Velocity A rocket rises $s(t)=8 t^{5 / 2}$ feet in $t$ seconds. Find its velocity and acceleration after 25 seconds.

For a function $f(x)$, if $f$ is in widgets and $x$ is in blivets, what are the units of the derivative $f^{\prime}(x)$, widgets per blivet or blivets per widget?

The tuition for a public college is approximated by the function $f(x)=400 x^2+500 x+2700$, where $x$ is the number of five-year intervals since the academic year 1995-96 .

a. Use this function to predict tuition in the academic year 2020-21.

b. Find the derivative of this function for the x-value that you used in part (a) and interpret it as a rate of change in the proper units.

c. From your answer to part (b), estimate how rapidly tuition will be increasing per year in 2020-21.

Population The population of a city t years from now is predicted to be $P(t)=0.25 t^3-3 t^2+5 t+200$ thousand people. Find $P(10), P^{\prime}(10)$, and $P^{\prime \prime}(10)$ and interpret your answers.

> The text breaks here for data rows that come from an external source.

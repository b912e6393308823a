// The column or the row whose number is ranged.
ghost use Rattle.std.specs.Prelude.{◌≡◌, ◌<◌, ◌++◌, OnOk, IfSome};
ghost use Rattle.spec_commands.specs.RangeOut.{place_by};
ghost use Rattle.spec_server.specs.Output.{check_line};
ghost use Rattle.spec_server.specs.declared.asks.Reply.TheVariants as replies;
ghost use Rattle.spec_server.specs.declared.asks.Refusal.TheVariants as refusals;
ghost use Rattle.lp_text_commands.specs.RangeEnds.{count_by};

use crate::reply::print_reply;
use lp_base::{Bytes, Name};
use lp_line::{Refusal, Reply};
use lp_model::Model;
use spec_program::Moved;
use std::alloc::{AllocError, Global};

/// The number of the column (for a cost) or of the row (for a right side) that has this name; none if nothing has it.
pub(crate) fn place_of(model: &Model, moved: Moved, name: &[u8]) -> Option<u32>
    ensures value { result ≡ place_by moved model.now name.now }
    ensures inside { IfSome result (λ at. at < count_by moved model.now) }
{
    match moved {
        Moved::Cost => model.col_of(name),
        Moved::RightSide => model.row_of(name),
    }
}

/// Appends the line that says that nothing has the name.
pub(crate) fn print_unknown(alloc: Global, name: &[u8], to: &mut Bytes) -> Result<(), AllocError>
    ensures { OnOk result (to.new ≡ to.old ++ check_line (replies.Refused (refusals.Name name.now))) }
{
    let name = Name::from_slice(alloc, name)?;
    print_reply(alloc, Reply::Refused(Refusal::Name(name)), to)
}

When we calculate the derivative using the formula $f^{\prime}(x)=\lim _{h \rightarrow 0} \frac{f(x+h)-f(x)}{h}$, we eventually evaluate the limit by direct substitution of h=0. Why don't we just substitute h=0 into the formula to begin with?

The tuition for a private college is approximated by the function $f(x)=650 x^2+3000 x+12,000$, where x is the number of five-year intervals since the academic year 1995-96 .

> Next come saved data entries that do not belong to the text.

const REGION_CASES: [RegionCase<'static>; 15] = [
    RegionCase {
        regions: Some("region_id,parent\n1,\n2,1\n"),
        members: Some("region_id,face_id\n2,1\n1,2\n"),
        case: ISLE_WITH_REGIONS,
    },
    RegionCase {
        regions: Some("region_id,parent\n1,\n2,\n"),
        members: Some("region_id,face_id\n1,0\n2,1\n"),
        case: Case {
            shows: "two roots, one of them with face 0",
            folder: TRIANGLE,
            script: b"common 0 1\nregions 0\nregions 1\ncommon 0 0\ncounts\n",
            status: Status::Done,
            out: "common 0 1:\nregions 0: 1\nregions 1: 2\ncommon 0 0: 1\ncounts: 3 3 1 1 2\n",
        },
    },
    RegionCase {
        regions: Some("parent,name,region_id\n7,a,9223372036854775807\n,\"b, c\",7\n"),
        members: None,
        case: Case {
            shows: "regions without a member table, named with gaps",
            folder: TRIANGLE,
            script: b"regions 1\ncounts\n",
            status: Status::Done,
            out: "regions 1:\ncounts: 3 3 1 1 2\n",
        },
    },
    RegionCase {
        regions: Some("region_id,parent\n1,1\n"),
        members: None,
        case: Case {
            shows: "a region that is its own parent",
            folder: TRIANGLE,
            script: b"regions 1\n",
            status: Status::TablesRefused,
            out: "refused F21 region=1\n",
        },
    },
    RegionCase {
        regions: Some("region_id,parent\n1,2\n2,1\n"),
        members: Some("region_id,face_id\n2,1\n1,2\n"),
        case: Case {
            shows: "regions that are parents of each other",
            folder: ISLE,
            script: b"regions 1\n",
            status: Status::TablesRefused,
            out: "refused F21 region=1\n",
        },
    },
    RegionCase {
        regions: Some("region_id,parent\n1,\n1,\n"),
        members: None,
        case: Case {
            shows: "two rows for a region",
            folder: TRIANGLE,
            script: b"regions 1\n",
            status: Status::TablesRefused,
            out: "refused F7 table=region id=1\n",
        },
    },
    RegionCase {
        regions: Some("region_id,parent\n1,9\n"),
        members: None,
        case: Case {
            shows: "a parent without a row",
            folder: TRIANGLE,
            script: b"regions 1\n",
            status: Status::TablesRefused,
            out: "refused F20 table=region id=1 region=9\n",
        },
    },
    RegionCase {
        regions: None,
        members: Some("region_id,face_id\n1,1\n"),
        case: Case {
            shows: "a member of a region without a row, with no region table",
            folder: TRIANGLE,
            script: b"regions 1\n",
            status: Status::TablesRefused,
            out: "refused F20 table=member id=1 region=1\n",
        },
    },
    RegionCase {
        regions: Some("region_id,parent\n1,\n"),
        members: Some("region_id,face_id\n1,9\n"),
        case: Case {
            shows: "a member whose face has no row",
            folder: TRIANGLE,
            script: b"regions 1\n",
            status: Status::TablesRefused,
            out: "refused F10 table=member id=1 face=9\n",
        },
    },
    RegionCase {
        regions: Some("region_id,parent\n1,\n"),
        members: Some("region_id,face_id\n1,1\n1,1\n"),
        case: Case {
            shows: "a face that is a member twice",
            folder: TRIANGLE,
            script: b"regions 1\n",
            status: Status::TablesRefused,
            out: "refused F22 face=1\n",
        },
    },
    RegionCase {
        regions: Some("region_id,parent\n1,\n"),
        members: Some("region_id,face_id\n1,x\n"),
        case: Case {
            shows: "a face that is no number in the member table",
            folder: TRIANGLE,
            script: b"regions 1\n",
            status: Status::TablesRefused,
            out: "refused F4 table=member row=1 column=face_id\n",
        },
    },
    RegionCase {
        regions: Some("region_id\n"),
        members: Some("face_id\n"),
        case: Case {
            shows: "the region table is read before the member table",
            folder: TRIANGLE,
            script: b"regions 1\n",
            status: Status::TablesRefused,
            out: "refused F1 table=region column=parent\n",
        },
    },
    RegionCase {
        regions: Some("region_id,parent\n9223372036854775807,1\n1,\n"),
        members: Some("region_id,face_id\n9223372036854775807,9223372036854775807\n1,1\n"),
        case: Case {
            shows: "ids at both ends of the range, and past 31 bits",
            folder: WIDE,
            script: b"node 1\nnode 9223372036854775807\nring 1\nring -9223372036854775807\n\
            face 9223372036854775807\nadjacent 9223372036854775807\nislands 9223372036854775807\n\
            ends 9223372036854775807\nsides -9223372036854775807\nnext 9223372036854775807\n\
            contains 9223372036854775807\ncontains 2147483649\ncontains 2147483648\n\
            ring -2147483648\nregions 9223372036854775807\ncommon 1 9223372036854775807\n\
            node 9223372036854775806\nedge 1\nface 9223372036854775808\nring -9223372036854775808\ncounts\n",
            status: Status::Done,
            out: "node 1: 1 -9223372036854775807\n\
            node 9223372036854775807: -1 9223372036854775807\n\
            ring 1: 1 9223372036854775807\nring -9223372036854775807: -9223372036854775807 -1\n\
            face 9223372036854775807: 1 9223372036854775807 -2147483648\n\
            adjacent 9223372036854775807: 0 1\nislands 9223372036854775807: -2147483648 n2147483648\n\
            ends 9223372036854775807: 9223372036854775807 1\nsides -9223372036854775807: 0 9223372036854775807\n\
            next 9223372036854775807: 1\ncontains 9223372036854775807: 0\n\
            contains 2147483649: 9223372036854775807\ncontains 2147483648: 9223372036854775807\n\
            ring -2147483648: -2147483648\nregions 9223372036854775807: 9223372036854775807 1\n\
            common 1 9223372036854775807: 1\nnode 9223372036854775806: unknown\n\
            bad\nbad\nbad\ncounts: 4 3 2 2 2\n",
        },
    },
    RegionCase {
        regions: None,
        members: None,
        case: Case {
            shows: "a next without a row, at the end of the range",
            folder: Folder {
                edges: "edge_id,start_node,end_node,next_left_edge,next_right_edge,left_face,right_face\n\
            9223372036854775807,1,1,9223372036854775807,-9223372036854775806,1,0\n",
                ..TRIANGLE
            },
            script: b"ring 1\n",
            status: Status::TablesRefused,
            out: "refused F9 edge=9223372036854775807 next=-9223372036854775806\n",
        },
    },
    RegionCase {
        regions: None,
        members: Some("region_id,face_id\n9223372036854775807,9223372036854775807\n"),
        case: Case {
            shows: "a member of a region without a row, at the end of the range",
            folder: WIDE,
            script: b"ring 1\n",
            status: Status::TablesRefused,
            out: "refused F20 table=member id=9223372036854775807 region=9223372036854775807\n",
        },
    },
];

a. Use this function to predict tuition in the academic year 2020-21.

b. Find the derivative of this function for the $x$-value that you used in part (a) and interpret it as a rate of change in the proper units.

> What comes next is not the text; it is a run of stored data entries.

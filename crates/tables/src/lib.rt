// The class tables of one transform, in room that the caller lends: edges are gathered into groups, each family of six groups is folded into
// terms, and the terms are credited to the cells of both sides.
#![tactic(auto)]

pub mod build; // the tables of one transform: cleared, groups filled, both sides built
mod credit; // a family's terms added to the cells of one side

c. From your answer to part (b), estimate how rapidly tuition will be increasing per year in 2020-21.

ENVIRONMENTAL SCIENCE: Water Purification If the cost of purifying a gallon of water to a purity of x percent is

$$C(x)=\frac{100}{100-x} \text { cents for } 50 \leq x<100$$

a. Use a graphing calculator to graph the cost function C(x) on the window [50,100] by [0,20]. TRACE along the curve to see how rapidly costs increase for purity ( x-coordinate) increasing from 50 to near 100.

b. Evaluate this rate of change for a purity of 95% & 98% and interpret your answer. To check your answers, use the " $d y / d x^{\prime \prime}$ or SLOPE feature of your calculator to find the slope of the cost curve at $x=95$ and at $x=98$. Note that further purification becomes increasingly expensive at higher purity levels.